(376bt) Techno-Economic Analysis of Deep Eutectic Solvent Based so2-CO2 Co-Capture Process for Flue Gas | AIChE

(376bt) Techno-Economic Analysis of Deep Eutectic Solvent Based so2-CO2 Co-Capture Process for Flue Gas


McGaughy, K. - Presenter, Ohio University
Reza, M. T., Ohio University
Over the last few decades, coal-fired power plants emission system has been upgraded in comply with baghouse, selective catalytic reducer (SCR), and flue gas desulphurization (FGD) unit to remove fine particulates (PM 2.5), NOx, and SO2, respectively. Each individual unit increase the parasitic loads (or, decrease overall efficiencies) of the coal-fired power plant. In fact, state-of-the-art wet limestone based FGD unit from CH2M reduces the overall coal-fired power plant efficiency around 2.0-2.5% depends of the throughput of the power plant. Another eminent technology is carbon capture and storage (CCS) to reduce the greenhouse gas emission from the coal-fired power plant. Unfortunately, this additional technology will further reduce the efficiency (~28% from ~34%) from the current practice. As a result, the power plant will have to consume more coal to deliver the current electricity demand.
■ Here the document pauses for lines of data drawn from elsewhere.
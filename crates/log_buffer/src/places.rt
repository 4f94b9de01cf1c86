//! Where entries stand: in each stored entry the place of the one before it of its side and block, and beside the list, for
//! each side and block, the place of the last.
ghost use Rattle.std.specs.Prelude.{◌≡◌, ℕ, ◌<◌, Bool, None, if◌then◌else◌, length, IfOk};

use sn_base::{BLOCKS, BlockNo, LogEntry, Memory, is_home_side};
use sparse_table::SparseTable;
use std::alloc::Global;

/// An entry in its list, and the place of the next older entry of its side and block.
#[derive(Clone, Copy)]
pub struct Stored {
    pub entry: LogEntry,
    pub older: Option<u16>,
}

/// The place of the newest entry of each block, on the home's side and on the cache's. A log has at most 65,535 entries.
/// Most blocks never have one, so only the parts of the tables are written that do.
#[derive(Drop)]
pub struct Newest {
    home: SparseTable<Option<u16>>,
    cache: SparseTable<Option<u16>>,
    ghost home_blocks: { length home ≡ 65536 },
    ghost cache_blocks: { length cache ≡ 65536 },
}

impl Newest {
    ghost use Rattle.log_buffer.specs.Index.{newest_of, are_same, place_now};

    /// A table for a log that has no entry.
    pub fn new(alloc: Global) -> Result<Newest, Memory>
        ensures { IfOk result (λ n. (s : Bool) (b : ℕ) → newest_of n s b ≡ None) }
    {
        let home = SparseTable::new(alloc, BLOCKS)?;
        let cache = SparseTable::new(alloc, BLOCKS)?;
        Ok(Newest { home, cache })
    }

    pub fn of(&self, home_side: bool, block: BlockNo) -> Option<u16>
        ensures place { result ≡ newest_of self.now home_side block }
        ensures small { block < 65536 }
    {
        let places = if home_side { &self.home } else { &self.cache };
        *places.at(usize::from(block.number()))
    }

    pub fn put(&mut self, home_side: bool, block: BlockNo, place: Option<u16>)
        ensures places { (s : Bool) (b : ℕ) →
            newest_of self.new s b ≡ (if are_same home_side block s b then place else newest_of self.old s b) }
    {
        let number = usize::from(block.number());
        if home_side {
            *self.home.at_mut(number) = place;
        } else {
            *self.cache.at_mut(number) = place;
        }
    }

    /// Where the entry before this one of its side and block stands now, by a table that is right for the entries before
    /// this one. Where there was none, the table may still have the place of a later one.
    pub fn before(&self, stored: &Stored) -> Option<u16>
        ensures place { result ≡ place_now self.now stored.now }
        ensures small { stored.now.entry.block < 65536 }
    {
        let place = self.of(is_home_side(&stored.entry.old), stored.entry.block);
        if stored.older.is_none() { None } else { place }
    }
}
Therefore, a common solvent, which is not harmful to the environment but capture SO2 and CO2 simultaneously, is of great need to sustain the clean electricity production from coal-fired power plant.

Deep eutectic solvents (DES) are environmentally friendly and relatively less expansive solvent than ionic liquids and amine-based solvents. DESs are eutectic mixtures of salts or complexing agents with a certain stoichiometric ratio. Wide range of metal salts, metal oxides, and hydrogen-bond donors (HBD) can be the salts or complexing agents to form DES. Despite being a relatively newer technology, the wide applications of DES including CO2 adsorption makes it very attractive separation technologies. However, the applicability of DES in CO2-SO2 co-sequestration has never been explored before.

In this project, experimentally and computationally determined parameters were evaluated and were incorporated into a full-scale techno-economic analysis for flue gas treatment. This evaluation includes several different solvents with sensitivity analysis and comparison to an NETL baseline capture process for a 550 MW coal fired power plant.